GEOFFREY JAMES: "Inside Kingston Penitentiary," Glenbow Museum, Calgary, Feb. 14 to May 17, 2015
GEOFFREY JAMES: Inside Kingston Penitentiary
Glenbow Museum, Calgary,
Feb. 14 to May 17, 2015
By Steven Ross Smith
"The Dome from above"
Geoffrey James, "The Dome from above," 2013, archival ink jet print.
Bleak, oppressive. These words echo on viewing Geoffrey James’ photographs taken at Kingston Penitentiary in 2013, shortly before the closing of the 178-year-old prison.
"Change of seasons ceremony (1)"
Geoffrey James, "Change of seasons ceremony (1)," 2013, archival ink jet print.
James’ documentary stance here captures the facility and its inhabitants in 44 archival inkjet prints. Formats and sizes vary, with half in black and white. Where colour appears, it is to potent effect. For example, North wall with the main gate shows the building’s exterior – its stone façade in sun or shadow, muted grey and tawny umber tones suggesting interior gloom. In another photograph, Exercise yard built for female inmates, but never used, bright pink chairs sit in a grassy fenced area. Matter-of-fact titles are clinical, surreal – Book drop-off in the Dome, with absorption pad for warning shots and Heating control with spitballs.
"Aboriginal ground"
Geoffrey James, "Aboriginal ground," 2013, archival ink jet print.
Inmates and prison staff are seen in black and white. Guards and workers seem sombre. The visitors’ room is sparse, unwelcoming. Most photos of inmates show aboriginal men in a designated area that features a teepee. In Change of seasons ceremony, the men appear serious, joyless. One photograph offers a notable contrast. Native inmate is a close portrait of a handsome man who seems not yet drained of life by incarceration, who sports on his shoulder and biceps – angled to the camera – a magnificent tattoo of a ‘chief’ in feathered headdress.
"Exercise yard built for female inmates, but never used"
Geoffrey James, "Exercise yard built for female inmates, but never used," 2013, archival ink jet print.
Images of the penitentiary’s architecture, primarily late Georgian, show a design aesthetic – a circular atrium seen from a high angle, an elegant stone arch – these in contrast to hand-gouged plaster; small, narrow cells decorated with graffiti or graphic images; and bars, barbed wire and grille-work fences. A few photos provide strange juxtapositions – Lake Ontario and a marina just beyond the limestone walls.
"Recently vacated cell, with abandoned belongings"
Geoffrey James, "Recently vacated cell, with abandoned belongings," 2013, archival ink jet print.
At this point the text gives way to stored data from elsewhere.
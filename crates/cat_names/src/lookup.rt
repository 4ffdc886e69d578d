ghost use Rattle.std.specs.Prelude.{◌≡◌};
ghost use Rattle.q_value.specs.Answers.{Answers};
ghost use Rattle.cat_names.specs.Lookup as spec;

use crate::{NameRow, SchemaRow, refusal_of, schema_named};
use q_base::{Code, ObjId, SchemaId, SchemaList, Stop, refusal, refusal_naming};
use sql_tree::QName;
use std::alloc::Global;

/// The object of a name in a schema, or `None` where there is none.
pub fn named_in(names: &[NameRow], schema: SchemaId, name: &str) -> Option<ObjId>
    ensures { result ≡ spec.named_in names.now schema name.now }
{
    for row in names {
        if row.schema.0 == schema.0 && row.name.as_str() == name {
            return Some(row.id);
        }
    }
    None
}

/// The object that a name means: in the schema that is written before it, else in the first schema of the path
/// that has the name.
#[tactic(auto, unfolding(crate::specs::Lookup::found))]
pub fn found(
    name: &QName,
    path: &SchemaList,
    schemas: &[SchemaRow],
    names: &[NameRow],
) -> Option<ObjId>
    ensures { result ≡ spec.found name.now path.now schemas.now names.now }
{
    match &name.schema {
        Some(schema) => {
            let schema = schema_named(schemas, schema.as_str())?;
            named_in(names, schema, name.name.as_str())
        }
        None => first_found(name.name.as_str(), path.as_slice(), names),
    }
}

fn first_found(name: &str, path: &[SchemaId], names: &[NameRow]) -> Option<ObjId>
    ensures { result ≡ spec.first_found name.now path.now names.now }
{
    for schema in path {
        let found = named_in(names, *schema, name);
        if found.is_some() {
            return found;
        }
    }
    None
}

/// The object that a name means (PostgreSQL's manual, "The Schema Search Path"). Refused as 42P01, with the
/// name as written, where there is none.
#[tactic(auto, unfolding(crate::specs::Lookup::look_up))]
pub fn look_up(
    alloc: Global,
    name: &QName,
    path: &SchemaList,
    schemas: &[SchemaRow],
    names: &[NameRow],
) -> Result<ObjId, Stop>
    ensures { Answers (spec.look_up name.now path.now schemas.now names.now) result }
{
    match found(name, path, schemas, names) {
        Some(id) => Ok(id),
        None => Err(refusal_of(alloc, Code::UnknownRelation, name)),
    }
}

/// The schema in which an object of a name is made: the one that is written before it, else the first of the path.
/// Refused as 3F000 where the written schema isn't there, or where the path has none.
#[tactic(auto, unfolding(crate::specs::Lookup::place_for))]
pub fn place_for(
    alloc: Global,
    name: &QName,
    path: &SchemaList,
    schemas: &[SchemaRow],
) -> Result<SchemaId, Stop>
    ensures { Answers (spec.place_for name.now path.now schemas.now) result }
{
    match &name.schema {
        Some(schema) => match schema_named(schemas, schema.as_str()) {
            Some(id) => Ok(id),
            None => Err(refusal_naming(alloc, Code::UnknownSchema, schema.as_str())),
        },
        None => match path.as_slice().first() {
            Some(id) => Ok(*id),
            None => Err(refusal(alloc, Code::NoSchemaSelected)),
        },
    }
}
Accompanying the photos are panel renderings of administrative rules and inmate musings, such as a poem by Randy Hillson that begins: “They call this place just west of hell / You’ll make no friends, that’s just as well.” A finely produced book from Black Dog Publishing serves as the exhibition catalogue, though not all photos in the book are in this show’s mounting.
"The prison seen from the marina"
Geoffrey James, "The prison seen from the marina," 2013, archival ink jet print.
James, Welsh-born, Oxford-educated and Toronto-based, is an award-winning photographer known for landscape – formal gardens and sylvan sites – and alienating human environments. As influences he claims Kertesz, Lartigue, Schwitters and Poussin. James says his photographic projects bear witness to subjects idyllic or brutal.
Here his camera enters an institutional enclosure, reveals what humans have built to incarcerate, and the human nature contained within. His pictures of Kingston Penitentiary do not aestheticize the subject. Neutral, yet emotional, they portray a harsh reality, one now gone, but witnessed, and so held in public memory.